Dopo una settimana all’insegna della febbre e del mal tempo, che ci ha conseguentemente impedito di partire a bordo della mongolfiera, abbiamo deciso di restituire il favore al Karma godendoci una fuga on the road tra la Val d’Orcia e il Chianti. L’arte contemporanea in Toscana non si trova solo a Firenze e Prato e noi ne abbiamo avuto la prova: oggi vi portiamo alla scoperta di un bellissimo itinerario d’arte tra la Val d’Orcia e il Chianti.
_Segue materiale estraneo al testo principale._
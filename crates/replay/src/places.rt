//! Box sizes and searches.
use crate::case::{Bytes, Case, Fault};
use crate::line::{Line, Values};
use boxes::{BoxAt, BoxSize, Place};
use refusal::Refusal;

impl Values for BoxSize {
    fn say(self, line: &mut Line) -> Result<(), Fault> {
        line.value(self.size)?;
        line.value(self.header)
    }
}

impl Values for BoxAt {
    fn say(self, line: &mut Line) -> Result<(), Fault> {
        line.value(self.kind)?;
        line.value(self.start)?;
        line.value(self.len)?;
        line.value(self.next)
    }
}

impl Values for Place {
    fn say(self, line: &mut Line) -> Result<(), Fault> {
        line.value(self.start)?;
        line.value(self.len)
    }
}

/// box_size BYTES REMAINING
pub fn box_size(case: &mut Case<'_>, line: &mut Line) -> Result<(), Fault> {
    let Bytes(bytes) = case.take()?;
    let remaining = case.take()?;
    case.end()?;
    line.answer(boxes::box_size(bytes.as_slice(), remaining))
}

/// children BYTES AT
pub fn children(case: &mut Case<'_>, line: &mut Line) -> Result<(), Fault> {
    let Bytes(bytes) = case.take()?;
    let at = case.take()?;
    case.end()?;
    line.answer(boxes::children(bytes.as_slice(), at))
}

// The part of the bytes at a place, none on a refusal.
fn part_at(bytes: &[u8], place: Result<Place, Refusal>) -> Option<&[u8]> {
    match place {
        Ok(Place { start, len }) => bytes.get(start..)?.get(..len),
        Err(_) => Some(&[]),
    }
}

// A place, at which the part of the bytes is to lie that the call's twin answers.
fn say_place(
    line: &mut Line,
    bytes: &[u8],
    place: Result<Place, Refusal>,
    part: &[u8],
) -> Result<(), Fault> {
    line.held_to(part_at(bytes, place) == Some(part));
    line.answer(place)
}

/// child BYTES KIND
pub fn child(case: &mut Case<'_>, line: &mut Line) -> Result<(), Fault> {
    let Bytes(bytes) = case.take()?;
    let kind = case.take()?;
    case.end()?;
    let bytes = bytes.as_slice();
    let place = boxes::child_place(bytes, kind);
    say_place(line, bytes, place, boxes::child(bytes, kind))
}

/// find_box BYTES FROM TO KIND TEXT_TYPES
pub fn find_box(case: &mut Case<'_>, line: &mut Line) -> Result<(), Fault> {
    let Bytes(bytes) = case.take()?;
    let from = case.take()?;
    let to = case.take()?;
    let kind = case.take()?;
    let text_types = case.take()?;
    case.end()?;
    let bytes = bytes.as_slice();
    let place = boxes::find_box_place(bytes, from, to, kind, text_types);
    let part = boxes::find_box(bytes, from, to, kind, text_types);
    say_place(line, bytes, place, part)
}

/// table_text BYTES
pub fn table_text(case: &mut Case<'_>, line: &mut Line) -> Result<(), Fault> {
    let Bytes(bytes) = case.take()?;
    case.end()?;
    let bytes = bytes.as_slice();
    let place = boxes::table_text_place(bytes);
    say_place(line, bytes, place, boxes::table_text(bytes))
}
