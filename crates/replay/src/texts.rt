//! Tables' texts.
use crate::case::{Argument, Bytes, Case, Fault};
use crate::lent::Room;
use crate::line::{Line, Values};
use refusal::Refusal;
use table::layout::{STAMPS, WORDS};
use table_text::Read;

// How many words a source has.
const SOURCE_WORDS: usize = 13;

impl Values for Read {
    fn say(self, line: &mut Line) -> Result<(), Fault> {
        line.value(self.frames)?;
        line.value(self.sources)?;
        line.value(self.segments)?;
        line.value(self.dates)?;
        self.log.say(line)
    }
}

// The slices that a table is written over: the words of its sources, the words and the stamps of its
// segments, and the bytes of its creation times.
#[derive(Drop)]
struct Parts {
    sources: Room<u64>,
    words: Room<u64>,
    stamps: Room<i64>,
    dates: Room<u8>,
}

impl Argument for Parts {
    fn read(case: &mut Case<'_>) -> Result<Parts, Fault> {
        let sources = case.take()?;
        let words = case.take()?;
        let stamps = case.take()?;
        let dates = case.take()?;
        Ok(Parts {
            sources,
            words,
            stamps,
            dates,
        })
    }
}

// What was read, and the table that was written; a refusal writes none.
fn say_table(line: &mut Line, answer: Result<Read, Refusal>, parts: &Parts) -> Result<(), Fault> {
    line.answer(answer)?;
    let sources = answer.map_or(0, |read| read.sources);
    let segments = answer.map_or(0, |read| read.segments);
    line.written(&parts.sources, sources.saturating_mul(SOURCE_WORDS))?;
    line.written(&parts.words, segments.saturating_mul(WORDS))?;
    line.written(&parts.stamps, segments.saturating_mul(STAMPS))?;
    line.bytes(&parts.dates, answer.map_or(0, |read| read.dates))
}

/// read_table BYTES ROOM ROOM ROOM ROOM ROOM
pub fn read_table(case: &mut Case<'_>, line: &mut Line) -> Result<(), Fault> {
    let Bytes(text) = case.take()?;
    let mut parts: Parts = case.take()?;
    let mut work: Room<u64> = case.take()?;
    case.end()?;
    let answer = table_meaning::read_table(
        text.as_slice(),
        parts.sources.lend(),
        parts.words.lend(),
        parts.stamps.lend(),
        parts.dates.lend(),
        work.lend(),
    );
    line.cleared(&work);
    say_table(line, answer, &parts)
}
arte contemporanea in toscana

@travelonart

Il nostro itinerario parte dal borgo di Castelnuovo Berardenga, situato a circa 55 chilometri da Montalcino. Passeggiando per le vie di questo piccolo borgo, abbiamo scoperto una serie di murales che caratterizzano il paesaggio urbano. La scelta di realizzare questi dipinti vuole riprendere l’usanza medievale di affrescare le facciate dei palazzi, trasformando così la tradizione orale toscana in un’esperienza indelebile. Il patrimonio narrativo di questi luoghi viene così convertito in un patrimonio visivo unico: il viaggiatore può leggere le storie e le tradizioni di questo borgo sui muri delle sue case.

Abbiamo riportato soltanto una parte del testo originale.